Aliento's founder and executive director, Reyna Montoya, told Phoenix New Times that the fight for protection from deportation has been a long road.
"The Dream Act has been introduced since 2001. I was 10 years old at that time, and now I’m 26," said Montoya. "We’ve gone through it all, even with President Obama."
Speakers from Aliento spoke about what the bill means for them and their families. Despite the willingness of Flake and others to support a pathway to citizenship, Montoya said organizers are still cautiously waiting to see the final language of the bill.
"On the other hand, we’ve very concerned, because we don’t know what’s going to happen to DACA," Montoya said.
Enacted in 2012, DACA allows undocumented immigrant youth to work and live in the U.S. without fear of deportation, with some caveats, such as a criminal-background check. Approximately 800,000 people have applied for DACA protections and, by some estimates, a million people could qualify. If the new Dream Act passes, young people protected by DACA would receive conditional permanent residency.
But under Trump, DACA is in serious danger.
The administration has been treading around the program. Since he took office, Trump and the Department of Homeland Security have signaled that DACA recipients will not be targeted for deportation.
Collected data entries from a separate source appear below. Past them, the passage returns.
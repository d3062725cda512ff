//! Why the bytes of a payload are not read.

ghost use Rattle.std.specs.Prelude.{◌≡◌};
ghost use Rattle.value_codec.specs.declared.fault.Refusal.TheVariants.{NoMemory};

use std::alloc::{AllocError, AllocFailed};

/// The first rule that a payload breaks.
#[derive(Clone, Copy)]
pub(crate) struct Fault {
    /// The number of the rule.
    pub(crate) rule: u8,
    /// The number of bytes of the payload that are left at the place of the fault.
    pub(crate) left: usize,
}

/// Why no value was read.
#[derive(Drop)]
pub(crate) enum Refusal {
    NoMemory,
    Broken(Fault),
}

impl From<AllocError> for Refusal {
    ghost from_gives = { λ _ e. e ≡ NoMemory };

    fn from(_error: AllocError) -> Refusal {
        Refusal::NoMemory
    }
}

impl<T: Drop> From<AllocFailed<T>> for Refusal {
    ghost from_gives = { λ _ e. e ≡ NoMemory };

    fn from(_error: AllocFailed<T>) -> Refusal {
        Refusal::NoMemory
    }
}
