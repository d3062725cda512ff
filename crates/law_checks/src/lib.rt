//! Whether each of the five laws of histories holds of lines, a law a file (docs/laws.md).
#![tactic(auto)]

mod fallen;
mod living;
mod prefix;
mod replies;
mod settled;
mod verdict;
mod waits;

pub use history_reading::Law;
pub use verdict::holds;
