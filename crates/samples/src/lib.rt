// The samples of document 01 that are proved. They stand in specs/Samples.antt; no code is needed for them.
#![tactic(auto)]
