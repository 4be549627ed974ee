use aip_addr::{Address, Bytes};

/// The most bytes of a frame's body.
pub const MOST_BODY: usize = 9126;

/// What a frame carries.
#[derive(Clone, Copy, Debug, PartialEq, Eq)]
pub enum Kind {
    /// Data from host to host, code 0.
    Data,
    /// A router's question to a source, code 1. Its body has 154 bytes.
    Challenge,
    /// A source's answer to a challenge, code 2.
    Response,
    /// A receiver's demand that a source be silent, code 3.
    ShutOff,
}

/// A frame, field by field.
#[derive(Debug, Drop)]
pub struct Frame {
    /// What it carries.
    pub kind: Kind,
    /// How many routers may still forward it.
    pub hop: u8,
    /// The packet id, which the sender chooses.
    pub packet: u32,
    /// The destination.
    pub to: Address,
    /// The source, as the frame claims it.
    pub from: Address,
    /// The body, of at most 9126 bytes, and exactly 154 in a challenge.
    pub body: Bytes,
}
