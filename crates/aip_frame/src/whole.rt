// Whole frames: what bytes spell, and their hash.
ghost use Rattle.std.specs.Prelude.{◌≡◌, IfOk, IfSome, IsSome};
ghost use Rattle.aip_frame.specs.Frame.{IsFrame, frame_of, packet_hash_of};
ghost use Rattle.aip_frame.specs.Laws.{NoPrefixIsAFrame, NoLongerIsAFrame};

use crate::fields::{body_of, from_of, hop_of, is_frame, kind_of, packet_of, to_of};
use crate::frame::Frame;
use aip_addr::Bytes;
use sha2::{Digest, Sha256};
use std::alloc::{AllocError, Global};

/// The frame that the bytes spell, and None exactly where they spell none. The only error is want of memory.
pub fn parse(alloc: Global, bytes: &[u8]) -> Result<Option<Frame>, AllocError>
    ensures exact { IfOk result (λ parsed. parsed ≡ frame_of bytes.now) }
    ensures sound { IfOk result (λ parsed. IfSome parsed (λ f. IsFrame bytes.now f)) }
{
    if !is_frame(bytes) {
        return Ok(None);
    }
    let body = Bytes::from_slice(alloc, body_of(bytes))?;
    Ok(Some(Frame {
        kind: kind_of(bytes),
        hop: hop_of(bytes),
        packet: packet_of(bytes),
        to: to_of(bytes),
        from: from_of(bytes),
        body,
    }))
}

/// The packet hash of a frame: SHA-256 of its bytes with hop limit 0. Routers that forward the frame don't change it.
#[tactic(auto, using(crate::proofs::Frames::long))]
pub fn packet_hash(bytes: &[u8]) -> [u8; 32]
    requires { IsSome (frame_of bytes.now) }
    ensures { IfSome (frame_of bytes.now) (λ f. result ≡ packet_hash_of f) }
{
    let mut hasher = Sha256::new();
    hasher.update(&bytes[..2]);
    hasher.update(&[0]);
    hasher.update(&bytes[3..]);
    hasher.finalize()
}

/// A law: no proper prefix of a frame is a frame.
#[tactic(auto, using(crate::proofs::Ends::no_prefix))]
pub fn no_prefix_is_a_frame()
    ensures { NoPrefixIsAFrame }
{}

/// A law: no frame with bytes behind it is a frame.
#[tactic(auto, using(crate::proofs::Ends::no_longer))]
pub fn no_longer_is_a_frame()
    ensures { NoLongerIsAFrame }
{}
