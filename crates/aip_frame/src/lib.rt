//! Frames: what travels over the links of the network.
//!
//! A frame has 90 bytes and a body. Each frame has one spelling, with numbers big-endian:
//!
//! | bytes | field |
//! |---|---|
//! | 0 | version, 1 |
//! | 1 | kind: 0 data, 1 challenge, 2 response, 3 shut-off |
//! | 2 | hop limit |
//! | 3 | 0 |
//! | 4..8 | packet id |
//! | 8..48 | destination, a domain's id and a host's or router's |
//! | 48..88 | source, likewise |
//! | 88..90 | length of the body, at most 9126, and 154 in a challenge |
//! | 90.. | body |
//!
//! ```rust
//! use aip_frame::{Frame, Kind, encode, hop_of, is_frame};
//!
//! let frame = Frame {
//!     kind: Kind::Data,
//!     hop: 64,
//!     packet: 7,
//!     to,
//!     from,
//!     body: Bytes::from_slice(alloc, b"hi")?,
//! };
//! let bytes = encode(alloc, &frame)?;
//! assert!(rt; is_frame(bytes.as_slice()));
//! assert_eq!(rt; hop_of(bytes.as_slice()), 64);
//! ```
#![tactic(auto)]

mod fields;
mod frame;
mod spelling;
mod whole;

pub use fields::{body_of, from_of, hop_of, is_frame, kind_of, packet_of, set_hop, to_of};
pub use frame::{Frame, Kind, MOST_BODY};
pub use spelling::encode;
pub use whole::{no_longer_is_a_frame, no_prefix_is_a_frame, packet_hash, parse};

#[cfg(test)]
mod tests;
Nevertheless, in June, DHS Secretary John Kelly said that DACA remains “under review.”
In theory, Trump could end DACA with the stroke of a pen. The Obama-era program was carried out as an executive order and, as a result, is easily reversible. That kind of stress and uncertainty can weigh on immigrants who have made a life here, Montoya said.
"What’s going to happen to the destiny of close to 1 million people?" she asked.
Now, dueling coalitions of attorneys general are lobbying the Trump administration on DACA. The attorneys general of nine Republican-led states warned Trump in a letter last month that they would sue the administration if it does not phase out DACA by September 5. And last week, Kelly suggested that the administration would not defend DACA if the program ended up in court.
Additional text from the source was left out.